Task brief:
All lines with the word "over" must be pulled from the entries below.

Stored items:
Content starts
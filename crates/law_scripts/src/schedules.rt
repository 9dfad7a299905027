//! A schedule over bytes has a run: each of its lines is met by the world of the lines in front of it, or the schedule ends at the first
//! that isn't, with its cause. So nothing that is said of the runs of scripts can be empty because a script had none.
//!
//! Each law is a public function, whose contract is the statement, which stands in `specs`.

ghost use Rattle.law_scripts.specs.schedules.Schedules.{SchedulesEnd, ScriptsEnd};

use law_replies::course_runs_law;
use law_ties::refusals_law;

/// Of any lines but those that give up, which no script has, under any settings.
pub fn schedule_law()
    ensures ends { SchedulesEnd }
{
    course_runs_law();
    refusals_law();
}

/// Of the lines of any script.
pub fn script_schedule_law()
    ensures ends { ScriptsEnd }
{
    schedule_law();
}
Content ends
Content starts
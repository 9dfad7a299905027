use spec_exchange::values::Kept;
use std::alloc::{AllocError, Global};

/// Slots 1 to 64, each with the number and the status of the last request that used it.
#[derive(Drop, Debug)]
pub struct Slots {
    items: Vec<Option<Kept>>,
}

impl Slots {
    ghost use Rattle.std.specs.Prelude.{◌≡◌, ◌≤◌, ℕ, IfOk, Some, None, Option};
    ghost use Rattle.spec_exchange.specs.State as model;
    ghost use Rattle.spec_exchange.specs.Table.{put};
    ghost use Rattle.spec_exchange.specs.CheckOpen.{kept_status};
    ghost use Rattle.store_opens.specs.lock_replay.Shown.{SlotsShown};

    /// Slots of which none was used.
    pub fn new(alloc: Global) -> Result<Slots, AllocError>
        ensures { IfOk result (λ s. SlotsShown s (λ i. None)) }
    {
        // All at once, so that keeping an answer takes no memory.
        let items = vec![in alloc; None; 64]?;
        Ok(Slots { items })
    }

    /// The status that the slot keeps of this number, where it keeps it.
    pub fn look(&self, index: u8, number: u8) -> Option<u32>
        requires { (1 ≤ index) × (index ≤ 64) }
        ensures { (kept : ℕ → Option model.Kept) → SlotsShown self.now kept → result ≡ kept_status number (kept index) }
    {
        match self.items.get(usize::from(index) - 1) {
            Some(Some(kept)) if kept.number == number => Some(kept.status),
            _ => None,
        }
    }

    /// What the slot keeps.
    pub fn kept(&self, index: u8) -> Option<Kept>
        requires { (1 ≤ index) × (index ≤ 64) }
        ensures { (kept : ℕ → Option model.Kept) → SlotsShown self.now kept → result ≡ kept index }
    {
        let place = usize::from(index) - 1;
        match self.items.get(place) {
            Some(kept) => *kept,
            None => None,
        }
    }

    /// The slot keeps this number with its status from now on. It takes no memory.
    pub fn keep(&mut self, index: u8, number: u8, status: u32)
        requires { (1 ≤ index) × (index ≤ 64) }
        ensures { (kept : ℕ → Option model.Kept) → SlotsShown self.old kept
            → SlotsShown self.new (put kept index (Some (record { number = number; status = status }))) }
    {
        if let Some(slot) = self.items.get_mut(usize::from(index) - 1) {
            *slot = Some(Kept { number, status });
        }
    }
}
Content ends
Content starts
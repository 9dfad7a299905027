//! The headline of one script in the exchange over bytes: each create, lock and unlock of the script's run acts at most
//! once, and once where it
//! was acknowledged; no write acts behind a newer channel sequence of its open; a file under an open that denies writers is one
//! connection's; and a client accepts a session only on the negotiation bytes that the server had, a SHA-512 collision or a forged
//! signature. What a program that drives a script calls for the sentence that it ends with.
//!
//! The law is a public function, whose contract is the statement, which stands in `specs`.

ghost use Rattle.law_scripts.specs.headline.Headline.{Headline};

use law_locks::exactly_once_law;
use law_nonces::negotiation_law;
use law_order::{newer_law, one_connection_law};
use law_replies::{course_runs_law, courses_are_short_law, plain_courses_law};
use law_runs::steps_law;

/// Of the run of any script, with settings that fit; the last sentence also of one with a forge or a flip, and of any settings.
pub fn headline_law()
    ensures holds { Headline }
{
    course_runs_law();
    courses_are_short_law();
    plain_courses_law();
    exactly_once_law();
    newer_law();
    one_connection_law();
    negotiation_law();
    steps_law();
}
Content ends
Answer to this task:
//! A schedule over bytes has a run: each of its lines is met by the world of the lines in front of it, or the schedule ends at the first
//! The headline of one script in the exchange over bytes: each create, lock and unlock of the script's run acts at most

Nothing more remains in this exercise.